__Task goal__.
Scan the listing for the word "tactic", and copy out each line where it is found.

[Provided records Boundary: Start]

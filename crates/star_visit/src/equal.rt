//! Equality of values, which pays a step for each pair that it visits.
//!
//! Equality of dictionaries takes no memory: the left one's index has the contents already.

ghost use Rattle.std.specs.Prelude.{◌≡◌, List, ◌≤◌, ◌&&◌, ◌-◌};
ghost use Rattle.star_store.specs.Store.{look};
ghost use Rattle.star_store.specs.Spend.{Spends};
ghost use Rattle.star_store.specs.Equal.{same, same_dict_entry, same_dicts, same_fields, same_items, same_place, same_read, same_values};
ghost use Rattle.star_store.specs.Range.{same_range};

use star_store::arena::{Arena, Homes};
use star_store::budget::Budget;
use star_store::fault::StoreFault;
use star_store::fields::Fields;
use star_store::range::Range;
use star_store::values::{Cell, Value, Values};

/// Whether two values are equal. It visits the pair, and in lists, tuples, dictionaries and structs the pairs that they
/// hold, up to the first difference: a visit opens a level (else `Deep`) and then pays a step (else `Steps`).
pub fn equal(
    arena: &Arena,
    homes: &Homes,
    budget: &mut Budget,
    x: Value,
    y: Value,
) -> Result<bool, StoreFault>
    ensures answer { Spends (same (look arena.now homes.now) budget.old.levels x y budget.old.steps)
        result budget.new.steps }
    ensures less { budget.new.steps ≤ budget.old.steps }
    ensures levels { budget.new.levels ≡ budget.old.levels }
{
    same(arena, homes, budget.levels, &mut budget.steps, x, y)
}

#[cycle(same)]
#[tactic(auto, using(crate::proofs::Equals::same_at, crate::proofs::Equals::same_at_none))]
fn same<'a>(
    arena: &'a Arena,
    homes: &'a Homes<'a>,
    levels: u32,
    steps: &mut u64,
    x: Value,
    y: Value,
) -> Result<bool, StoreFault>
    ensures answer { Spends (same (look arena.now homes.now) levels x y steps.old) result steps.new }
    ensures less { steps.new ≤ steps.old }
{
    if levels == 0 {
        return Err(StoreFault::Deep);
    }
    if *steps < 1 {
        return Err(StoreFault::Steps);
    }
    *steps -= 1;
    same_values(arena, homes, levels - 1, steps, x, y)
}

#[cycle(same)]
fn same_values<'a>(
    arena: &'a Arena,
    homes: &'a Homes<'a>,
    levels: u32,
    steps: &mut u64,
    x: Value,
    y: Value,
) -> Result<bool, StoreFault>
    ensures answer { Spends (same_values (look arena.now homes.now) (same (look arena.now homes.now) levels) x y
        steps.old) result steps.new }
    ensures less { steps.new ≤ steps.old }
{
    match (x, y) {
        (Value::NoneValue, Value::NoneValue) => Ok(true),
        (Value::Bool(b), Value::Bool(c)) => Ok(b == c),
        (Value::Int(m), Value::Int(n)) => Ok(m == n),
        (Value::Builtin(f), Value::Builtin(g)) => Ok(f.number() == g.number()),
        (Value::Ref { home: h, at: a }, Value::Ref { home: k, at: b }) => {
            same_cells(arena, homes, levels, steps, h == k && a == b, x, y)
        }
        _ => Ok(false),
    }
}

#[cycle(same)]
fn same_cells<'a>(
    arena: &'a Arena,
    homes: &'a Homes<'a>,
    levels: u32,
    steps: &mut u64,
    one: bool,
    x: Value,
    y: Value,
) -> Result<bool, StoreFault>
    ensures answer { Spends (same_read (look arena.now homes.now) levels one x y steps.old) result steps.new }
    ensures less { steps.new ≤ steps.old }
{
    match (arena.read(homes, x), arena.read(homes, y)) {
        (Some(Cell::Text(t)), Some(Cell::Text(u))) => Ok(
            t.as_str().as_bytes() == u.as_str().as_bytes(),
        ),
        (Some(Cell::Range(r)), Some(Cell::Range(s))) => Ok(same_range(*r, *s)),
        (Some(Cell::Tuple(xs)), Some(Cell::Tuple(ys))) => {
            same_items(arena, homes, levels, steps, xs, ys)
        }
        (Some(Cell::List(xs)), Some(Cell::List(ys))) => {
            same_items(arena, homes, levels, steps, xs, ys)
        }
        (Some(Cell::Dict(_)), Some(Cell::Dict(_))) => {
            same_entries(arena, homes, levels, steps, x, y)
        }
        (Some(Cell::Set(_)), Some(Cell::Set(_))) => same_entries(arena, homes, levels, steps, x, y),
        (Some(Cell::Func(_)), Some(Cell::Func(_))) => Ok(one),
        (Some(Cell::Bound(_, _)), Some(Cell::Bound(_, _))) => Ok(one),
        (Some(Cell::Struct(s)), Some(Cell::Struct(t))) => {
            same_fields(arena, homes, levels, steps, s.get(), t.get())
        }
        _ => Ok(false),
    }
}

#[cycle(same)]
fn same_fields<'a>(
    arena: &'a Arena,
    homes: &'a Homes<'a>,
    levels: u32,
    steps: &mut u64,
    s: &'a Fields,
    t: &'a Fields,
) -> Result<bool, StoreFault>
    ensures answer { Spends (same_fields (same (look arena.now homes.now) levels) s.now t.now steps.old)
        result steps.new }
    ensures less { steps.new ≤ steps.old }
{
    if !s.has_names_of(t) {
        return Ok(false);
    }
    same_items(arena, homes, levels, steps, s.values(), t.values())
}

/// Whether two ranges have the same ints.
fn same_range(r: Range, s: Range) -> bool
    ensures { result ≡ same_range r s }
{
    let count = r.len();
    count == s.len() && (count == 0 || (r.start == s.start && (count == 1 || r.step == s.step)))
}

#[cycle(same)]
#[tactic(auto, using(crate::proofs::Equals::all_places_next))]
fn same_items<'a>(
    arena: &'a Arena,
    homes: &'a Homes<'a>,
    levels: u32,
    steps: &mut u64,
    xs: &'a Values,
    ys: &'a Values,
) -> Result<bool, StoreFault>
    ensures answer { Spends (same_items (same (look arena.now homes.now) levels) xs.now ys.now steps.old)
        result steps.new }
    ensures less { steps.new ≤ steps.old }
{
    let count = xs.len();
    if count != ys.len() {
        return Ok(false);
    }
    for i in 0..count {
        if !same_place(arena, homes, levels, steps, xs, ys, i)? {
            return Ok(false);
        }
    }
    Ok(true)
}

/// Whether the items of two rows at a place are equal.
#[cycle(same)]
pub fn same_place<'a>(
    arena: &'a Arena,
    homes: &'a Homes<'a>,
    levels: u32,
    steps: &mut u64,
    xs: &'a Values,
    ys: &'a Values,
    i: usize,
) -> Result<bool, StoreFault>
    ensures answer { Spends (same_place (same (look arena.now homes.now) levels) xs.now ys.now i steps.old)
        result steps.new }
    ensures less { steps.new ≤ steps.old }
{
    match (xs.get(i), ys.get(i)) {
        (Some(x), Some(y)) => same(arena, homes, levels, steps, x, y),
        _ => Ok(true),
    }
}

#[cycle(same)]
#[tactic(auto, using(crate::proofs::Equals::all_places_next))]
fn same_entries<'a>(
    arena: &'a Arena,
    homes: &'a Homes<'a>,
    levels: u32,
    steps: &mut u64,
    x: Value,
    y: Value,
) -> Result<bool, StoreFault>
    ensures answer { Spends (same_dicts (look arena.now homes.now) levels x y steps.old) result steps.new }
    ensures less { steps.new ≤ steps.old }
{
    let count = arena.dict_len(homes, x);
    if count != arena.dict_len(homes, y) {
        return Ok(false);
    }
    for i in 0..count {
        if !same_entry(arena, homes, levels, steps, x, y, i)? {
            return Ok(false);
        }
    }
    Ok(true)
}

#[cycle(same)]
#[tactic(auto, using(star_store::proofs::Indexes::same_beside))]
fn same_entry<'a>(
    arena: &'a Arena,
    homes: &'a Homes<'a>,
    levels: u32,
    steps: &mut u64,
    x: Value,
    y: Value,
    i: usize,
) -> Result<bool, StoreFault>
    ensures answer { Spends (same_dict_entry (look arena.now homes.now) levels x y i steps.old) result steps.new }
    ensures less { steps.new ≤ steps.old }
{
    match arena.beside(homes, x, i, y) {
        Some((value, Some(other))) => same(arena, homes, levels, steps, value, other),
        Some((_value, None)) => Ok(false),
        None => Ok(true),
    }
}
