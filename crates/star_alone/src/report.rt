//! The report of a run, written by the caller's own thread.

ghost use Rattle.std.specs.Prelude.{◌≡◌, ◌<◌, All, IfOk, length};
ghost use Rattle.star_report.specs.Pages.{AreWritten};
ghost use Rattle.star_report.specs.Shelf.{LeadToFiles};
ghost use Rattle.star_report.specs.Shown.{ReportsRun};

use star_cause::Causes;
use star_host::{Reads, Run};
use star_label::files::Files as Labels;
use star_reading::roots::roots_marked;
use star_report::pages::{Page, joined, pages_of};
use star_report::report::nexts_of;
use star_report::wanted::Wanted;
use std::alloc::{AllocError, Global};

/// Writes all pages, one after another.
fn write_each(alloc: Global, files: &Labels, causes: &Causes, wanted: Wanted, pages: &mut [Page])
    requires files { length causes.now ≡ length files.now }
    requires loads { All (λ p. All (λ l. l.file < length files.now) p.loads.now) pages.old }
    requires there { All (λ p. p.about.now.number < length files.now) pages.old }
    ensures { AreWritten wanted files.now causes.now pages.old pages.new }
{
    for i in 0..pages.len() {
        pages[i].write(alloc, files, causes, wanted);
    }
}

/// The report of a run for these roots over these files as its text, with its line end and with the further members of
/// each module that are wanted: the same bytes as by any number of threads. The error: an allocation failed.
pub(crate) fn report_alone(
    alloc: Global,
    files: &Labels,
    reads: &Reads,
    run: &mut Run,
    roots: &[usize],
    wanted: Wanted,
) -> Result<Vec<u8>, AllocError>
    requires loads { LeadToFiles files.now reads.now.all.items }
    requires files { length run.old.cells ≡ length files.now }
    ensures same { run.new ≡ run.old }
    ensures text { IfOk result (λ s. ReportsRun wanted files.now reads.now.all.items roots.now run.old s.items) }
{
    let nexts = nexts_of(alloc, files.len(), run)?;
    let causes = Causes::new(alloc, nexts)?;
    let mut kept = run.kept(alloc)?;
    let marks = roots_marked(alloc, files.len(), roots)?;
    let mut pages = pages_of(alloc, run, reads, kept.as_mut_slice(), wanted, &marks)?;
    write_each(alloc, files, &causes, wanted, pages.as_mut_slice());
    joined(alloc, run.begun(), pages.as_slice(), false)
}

[Provided records Boundary: End]

__Result below__.
#[tactic(auto, using(crate::proofs::Equals::same_at, crate::proofs::Equals::same_at_none))]
#[tactic(auto, using(crate::proofs::Equals::all_places_next))]
#[tactic(auto, using(crate::proofs::Equals::all_places_next))]
#[tactic(auto, using(star_store::proofs::Indexes::same_beside))]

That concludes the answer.